Türkiye, içeride ve dışarıda hızla sonu belirsiz maceraya sürükleniyor. Her gün yeni bir hükümet operasyonu ile uyanıyoruz. Askeri ve siyasi operasyonlar hız kesmiyor. Sergilenen “çılgınlıklar” yüreğimizi ağzımıza getiriyor, toplumsal kaygıyı artırıyor. Şuurunu kaybetmiş halde yapılan işlere imza atmaya devam eden Hükümet, dayatma ve zorbalığı had safhaya vardırdı. Toplumun nefes boruları bir bir tıkanıyor. Toplum boğulmak üzere…
Sanatçılar, gazeteciler, akademisyenler, sendikacılar, hukukçular, doktorlar hakarete uğruyor; tiyatro, müzik, sinema, basın, sanat, bilim ve yaratıcılık yok ediliyor. İşçi ve emekçiler sömürü ve baskı altında. Kadınlar ikinci sınıf insan olarak tanımlanıyor; bir kadın hakkı olan kürtaja yasak getiriliyor; gebelik testi yaptıran kadınlar fişleniyor. Gençler hedef tahtasında. 4+4+4 eğitim sitemiyle toplum karanlığın ve karmaşanın girdabına sürükleniyor. İşsizlik, sefalet, açlık toplumsal cinneti artırıyor.
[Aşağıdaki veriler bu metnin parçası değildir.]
ghost use Rattle.std.specs.Prelude.{◌≡◌, ◌+◌, ◌<◌, ◌≤◌, ◌&&◌, not, length, List, [], map, ◌==◌, filter, filter_map, is_none, true, false, is_some, bytes_eq, find, Option, Some, None, IfOk, OnOk, OnErr, option_copied, option_map, vec_len, vec_capacity};
ghost use Rattle.std.specs.List.{AllByRecursion, list_any, list_all};
ghost use Rattle.st_units.specs.declared.rows.DevRow.{DevRow};
ghost use Rattle.st_model.specs.Look.{is_name_of, row_of};
ghost use Rattle.st_model.specs.OnTable.{is_held, user_of};
ghost use Rattle.st_model.specs.Parts.{free_of, is_used};
ghost use Rattle.st_order.specs.Sorted.{IsRising};
ghost use Rattle.st_table.specs.Table.{TablePool, pool_named, pool_with, knows, names_of, is_taken, has_serial, IsFree, without, with_pool, stopped_row};
ghost use Rattle.st_table.specs.inner.Sound.{devices_held, new_held, is_user, table_pool, row_in, path_in, marked, user_among, is_free};

use crate::device::{Device, mark};
use crate::pool::{Pool, is_name};
use st_model::{StoppedList, StoppedRow};
use st_order::search;
use st_units::{DevList, DevPath, DevRow, DevRows, Name, NoMemory, PoolSerial};
use std::alloc::Global;
use std::marker::Model;

/// The known pools in byte order of their names, and the devices of the rack in byte order of
/// their paths, each marked with the pool that uses it.
#[derive(Drop)]
pub(crate) struct Roster {
    pools: Vec<Pool>,
    devices: Vec<Device>,
}

impl Model for Roster {
    ghost use Rattle.std.specs.Prelude.{map, ◌-◌, vec_len, vec_capacity};
    ghost use Rattle.st_table.specs.inner.Sound.{RosterView, IsSound, row_in, table_pool};

    ghost Value = { RosterView };

    ghost view = { λ r. record { pools = map table_pool r.pools.items; devices = map row_in r.devices.items; room = vec_capacity r.pools - vec_len r.pools } };

    ghost invariant = { λ r. IsSound r.devices.items (map table_pool r.pools.items) };
}

/// The rows, used by no pool.
fn unused(alloc: Global, rows: &[DevRow]) -> Result<Vec<Device>, NoMemory>
    ensures rows { IfOk result (λ devices. map row_in devices.items ≡ rows.now) }
    ensures unused { IfOk result (λ devices. AllByRecursion (λ (device : _). device.user ≡ None) devices.items) }
{
    let mut devices = Vec::new(alloc);
    for row in rows {
        devices.push(Device {
            row: row.copy()?,
            user: None,
        })?;
    }
    Ok(devices)
}

fn copy_devices(alloc: Global, devices: &[Device]) -> Result<Vec<Device>, NoMemory>
    ensures { IfOk result (λ copy. copy.items ≡ devices.now) }
{
    let mut copy = Vec::new(alloc);
    for device in devices {
        copy.push(Device {
            row: device.row.copy()?,
            user: device.user,
        })?;
    }
    Ok(copy)
}

fn copy_pools(alloc: Global, pools: &[Pool]) -> Result<Vec<Pool>, NoMemory>
    ensures { IfOk result (λ copy. copy.items ≡ pools.now) }
{
    let mut copy = Vec::new(alloc);
    for pool in pools {
        copy.push(pool.copy(alloc)?)?;
    }
    Ok(copy)
}

fn of_serial<'a>(pools: &'a [Pool], serial: u64) -> Option<&'a Pool>
    ensures { option_copied result ≡ find (λ (pool : _). pool.serial == serial) pools.now }
{
    pools.iter().find(|pool| pool.serial.number() == serial)
}

/// The pool that the mark tells.
fn user_among<'a>(pools: &'a [Pool], user: Option<u64>) -> Option<&'a Pool>
    ensures { option_map table_pool (option_copied result) ≡ user_among user (map table_pool pools.now) }
{
    match user {
        Some(user) => of_serial(pools, user),
        None => None,
    }
}

/// The paths of the devices that aren't marked.
fn unmarked(alloc: Global, devices: &[Device]) -> Result<DevList, NoMemory>
    ensures { IfOk result (λ list. list ≡ map path_in (filter (λ (device : _). is_none device.user) devices.now)) }
{
    let mut list = DevList::make(alloc);
    for device in devices {
        if device.user.is_none() {
            list.push(device.row.path.copy()?)?;
        }
    }
    Ok(list)
}

fn has_new_name(pools: &[Pool], name: &Name) -> bool
    ensures { result ≡ list_any (λ (pool : _). is_name_of name.now (new_held pool.holding)) pools.now }
{
    pools
        .iter()
        .any(|pool| is_name(pool.holding.new_name(), name))
}

fn taken_beside(pools: &[Pool], own: &Name, name: &Name) -> bool
    ensures { result ≡ list_any (λ (pool : _). not (bytes_eq pool.name own.now) && is_held name.now (table_pool pool).known) pools.now }
{
    pools.iter().any(|pool| pool.name.bytes() != own.bytes() && pool.holds(name))
}

fn used(pools: &[Pool], path: &DevPath) -> bool
    ensures { result ≡ list_any (λ (pool : _). is_used path.now (table_pool pool).known) pools.now }
{
    pools.iter().any(|pool| pool.uses(path))
}

fn used_beside(pools: &[Pool], own: &Name, path: &DevPath) -> bool
    ensures { result ≡ list_any (λ (pool : _). not (bytes_eq pool.name own.now) && is_used path.now (table_pool pool).known) pools.now }
{
    pools
        .iter()
        .any(|pool| pool.name.bytes() != own.bytes() && pool.uses(path))
}

/// What a report shows of the pool, where it isn't started.
fn stopped_row(pool: &Pool) -> Result<Option<StoppedRow>, NoMemory>
    ensures { IfOk result (λ row. row ≡ stopped_row (table_pool pool.now)) }
{
    match pool.holding.info() {
        Some(info) => Ok(Some(StoppedRow {
            name: pool.name.copy()?,
            serial: pool.serial,
            mode: info.mode.shown(),
        })),
        None => Ok(None),
    }
}

fn stopped_rows(alloc: Global, pools: &[Pool]) -> Result<StoppedList, NoMemory>
    ensures { IfOk result (λ rows. rows ≡ filter_map stopped_row (map table_pool pools.now)) }
{
    let mut rows = StoppedList::make(alloc);
    for pool in pools {
        if let Some(row) = stopped_row(pool)? {
            rows.push(row)?;
        }
    }
    Ok(rows)
}

impl Roster {
    /// No pool, and these devices.
    pub(crate) fn make(alloc: Global, rows: &[DevRow]) -> Result<Roster, NoMemory>
        requires { IsRising (map (λ (row : DevRow). row.path) rows.now) }
        ensures pools { IfOk result (λ roster. roster.pools ≡ []) }
        ensures devices { IfOk result (λ roster. roster.devices ≡ rows.now) }
    {
        Ok(Roster {
            pools: Vec::new(alloc),
            devices: unused(alloc, rows)?,
        })
    }

    /// The same once more.
    pub(crate) fn copy(&self, alloc: Global) -> Result<Roster, NoMemory>
        ensures pools { IfOk result (λ roster. roster.pools ≡ self.now.pools) }
        ensures devices { IfOk result (λ roster. roster.devices ≡ self.now.devices) }
    {
        Ok(Roster {
            pools: copy_pools(alloc, &self.pools)?,
            devices: copy_devices(alloc, &self.devices)?,
        })
    }

    /// Makes room for one pool more.
    pub(crate) fn reserve(&mut self) -> Result<(), NoMemory>
        ensures pools { self.new.pools ≡ self.old.pools }
        ensures devices { self.new.devices ≡ self.old.devices }
        ensures room { OnOk result (0 < self.new.room) }
        ensures kept { self.old.room ≤ self.new.room }
    {
        self.pools.reserve(1)?;
        Ok(())
    }

    /// How many pools are known.
    pub(crate) fn count(&self) -> usize
        ensures { result ≡ length self.now.pools }
    {
        self.pools.len()
    }

    /// The pool of this name.
    pub(crate) fn pool(&self, name: &Name) -> Option<&Pool>
        ensures { option_map table_pool (option_copied result) ≡ pool_named name.now self.now.pools }
    {
        match search(&self.pools, name.bytes()) {
            Ok(i) => Some(&self.pools[i]),
            Err(_) => None,
        }
    }

    /// The device's row.
    pub(crate) fn row(&self, path: &DevPath) -> Option<&DevRow>
        ensures { option_copied result ≡ row_of path.now self.now.devices }
    {
        match search(&self.devices, path.bytes()) {
            Ok(i) => Some(&self.devices[i].row),
            Err(_) => None,
        }
    }

    /// The pool that uses a device of the rack.
    pub(crate) fn user_of(&self, path: &DevPath) -> Option<&Pool>
        requires { is_some (row_of path.now self.now.devices) ≡ true }
        ensures { option_map (λ pool. (table_pool pool).known) (option_copied result) ≡ user_of path.now (names_of self.now.pools) }
    {
        match search(&self.devices, path.bytes()) {
            Ok(i) => user_among(&self.pools, self.devices[i].user),
            Err(_) => None,
        }
    }

    /// Whether a pool holds the name.
    pub(crate) fn is_taken(&self, name: &Name) -> bool
        ensures { result ≡ is_taken name.now self.now.pools }
    {
        self.pool(name).is_some() || has_new_name(&self.pools, name)
    }

    /// The pool of this serial.
    pub(crate) fn pool_with(&self, serial: PoolSerial) -> Option<&Pool>
        ensures { option_map table_pool (option_copied result) ≡ pool_with serial self.now.pools }
    {
        of_serial(&self.pools, serial.number())
    }

    /// Whether a pool has the serial.
    pub(crate) fn has_serial(&self, serial: PoolSerial) -> bool
        ensures { result ≡ has_serial serial self.now.pools }
    {
        of_serial(&self.pools, serial.number()).is_some()
    }

    /// Whether a pool but the one of that name holds the name.
    pub(crate) fn is_taken_beside(&self, own: &Name, name: &Name) -> bool
        ensures { result ≡ is_taken name.now (without own.now self.now.pools) }
    {
        taken_beside(&self.pools, own, name)
    }

    fn is_free(&self, path: &DevPath) -> bool
        ensures { result ≡ is_free self.now.pools self.now.devices path.now }
    {
        match self.row(path) {
            Some(_) => !used(&self.pools, path),
            None => true,
        }
    }

    fn is_free_beside(&self, own: &Name, path: &DevPath) -> bool
        ensures { result ≡ is_free (without own.now self.now.pools) self.now.devices path.now }
    {
        match self.row(path) {
            Some(_) => !used_beside(&self.pools, own, path),
            None => true,
        }
    }

    /// Whether none of the devices is one of the rack that a pool uses.
    pub(crate) fn are_free(&self, paths: &[DevPath]) -> bool
        ensures { result ≡ list_all (is_free self.now.pools self.now.devices) paths.now }
    {
        paths.iter().all(|path| self.is_free(path))
    }

    /// Whether none of the devices is one of the rack that a pool but the one of that name uses.
    pub(crate) fn are_free_beside(&self, own: &Name, paths: &[DevPath]) -> bool
        ensures { result ≡ list_all (is_free (without own.now self.now.pools) self.now.devices) paths.now }
    {
        paths.iter().all(|path| self.is_free_beside(own, path))
    }

    /// The devices that no pool uses, in byte order of their paths.
    pub(crate) fn free(&self, alloc: Global) -> Result<DevList, NoMemory>
        ensures { IfOk result (λ list. list ≡ free_of (names_of self.now.pools) self.now.devices) }
    {
        unmarked(alloc, &self.devices)
    }

    /// What a report shows of the pools that aren't started.
    pub(crate) fn stopped(&self, alloc: Global) -> Result<StoppedList, NoMemory>
        ensures { IfOk result (λ rows. rows ≡ filter_map stopped_row self.now.pools) }
    {
        stopped_rows(alloc, &self.pools)
    }

    /// Takes the pool of this name out; its devices are then free.
    pub(crate) fn take_out(&mut self, name: &Name) -> Pool
        requires { knows name.now self.old.pools ≡ true }
        ensures found { pool_named name.now self.old.pools ≡ Some (table_pool result) }
        ensures called { result.name ≡ name.now }
        ensures pools { self.new.pools ≡ without name.now self.old.pools }
        ensures devices { self.new.devices ≡ self.old.devices }
        ensures room { 0 < self.new.room }
        ensures name { knows name.now self.new.pools ≡ false }
        ensures serial { has_serial result.serial self.new.pools ≡ false }
        ensures free { AllByRecursion (IsFree self.new.pools self.new.devices) (devices_held result.holding) }
    {
        match search(&self.pools, name.bytes()) {
            Ok(i) => {
                let pool = self.pools.remove(i);
                mark(&mut self.devices, pool.holding.devices().items(), None);
                pool
            }
            Err(_) => unreachable!(),
        }
    }

    /// Puts a pool in, into the room that was made; it then uses its devices.
    pub(crate) fn put_in(&mut self, pool: Pool)
        requires room { 0 < self.old.room }
        requires name { knows pool.name self.old.pools ≡ false }
        requires serial { has_serial pool.serial self.old.pools ≡ false }
        requires free { AllByRecursion (IsFree self.old.pools self.old.devices) (devices_held pool.holding) }
        ensures pools { self.new.pools ≡ with_pool (table_pool pool) self.old.pools }
        ensures devices { self.new.devices ≡ self.old.devices }
    {
        match search(&self.pools, pool.name.bytes()) {
            Ok(_) => unreachable!(),
            Err(i) => {
                mark(
                    &mut self.devices,
                    pool.holding.devices().items(),
                    Some(pool.serial.number()),
                );
                match self.pools.insert(i, pool) {
                    Ok(()) => {}
                    Err(_) => unreachable!(),
                }
            }
        }
    }
}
Sendikal hak ve özgürlükler, basın, düşünce ve örgütlenme özgürlüğü tarihin en karanlık dönemini yaşıyor. Grev hakkı yasaklanıyor, hak arayan Hava-İş üyesi emekçiler telefonla gönderilen mesajla işten atılıyor. Birçok yerde sendikaya üye olan işçiler işten atılıyor. İlkel ve kuralsız çalışma ve kölece iş koşulları her gün yeni iş cinayetlerine neden oluyor.
Askeri operasyonları siyasi operasyonlar izliyor; toplum ölüm, yaralı, gözaltı ve tutuklama haberleri ile sarsılıyor. “Terörle Mücadele Kanunu” kimseye ‘göz açtırmıyor.’ Barışın sesi boğuluyor! Ağzını açan, yazı yazan, açıklama yapan, demokratik hakkını kullanan, sendikaya üye olan, soran, sorgulayan, hükümetin politikalarına eleştirel yaklaşan her yurttaş düşman ilan ediliyor; Kürt yurttaşlarımızın demokrasi mücadelesi, hak arayışı, eşitlik talepleri “bölücülük” olarak gösterilip, şoven ve ırkçı propagandanın hedefi haline getiriliyor. Özel Yetkili Mahkemelerce tutuklanıp hapse atılıyor. Ağzına kadar doldurulan cezaevlerinde yangınlar, isyanlar bir birini izliyor.
Bu gidişatın durdurulması, akliselimin galip gelmesi, Hükümet’in bu çılgın gidişini durduracak bir müdahale ve ortak tutum aciliyet kazanmış bulunuyor.
Birgün Uludere’de 34 yurttaşımız katlediliyor, katliamın üzeri örtülüyor, başka bir gün yaratılan provokasyona, Suriye’nin provokasyonla yanıtı sonucunda düşürülen savaş uçağı ve savaş tamtamlarına uyanıyoruz. Gerilim, şiddet ve savaşa endeksli bir süreç içine ve şuursuz bir atmosfere doğru hızla sürükleniyoruz.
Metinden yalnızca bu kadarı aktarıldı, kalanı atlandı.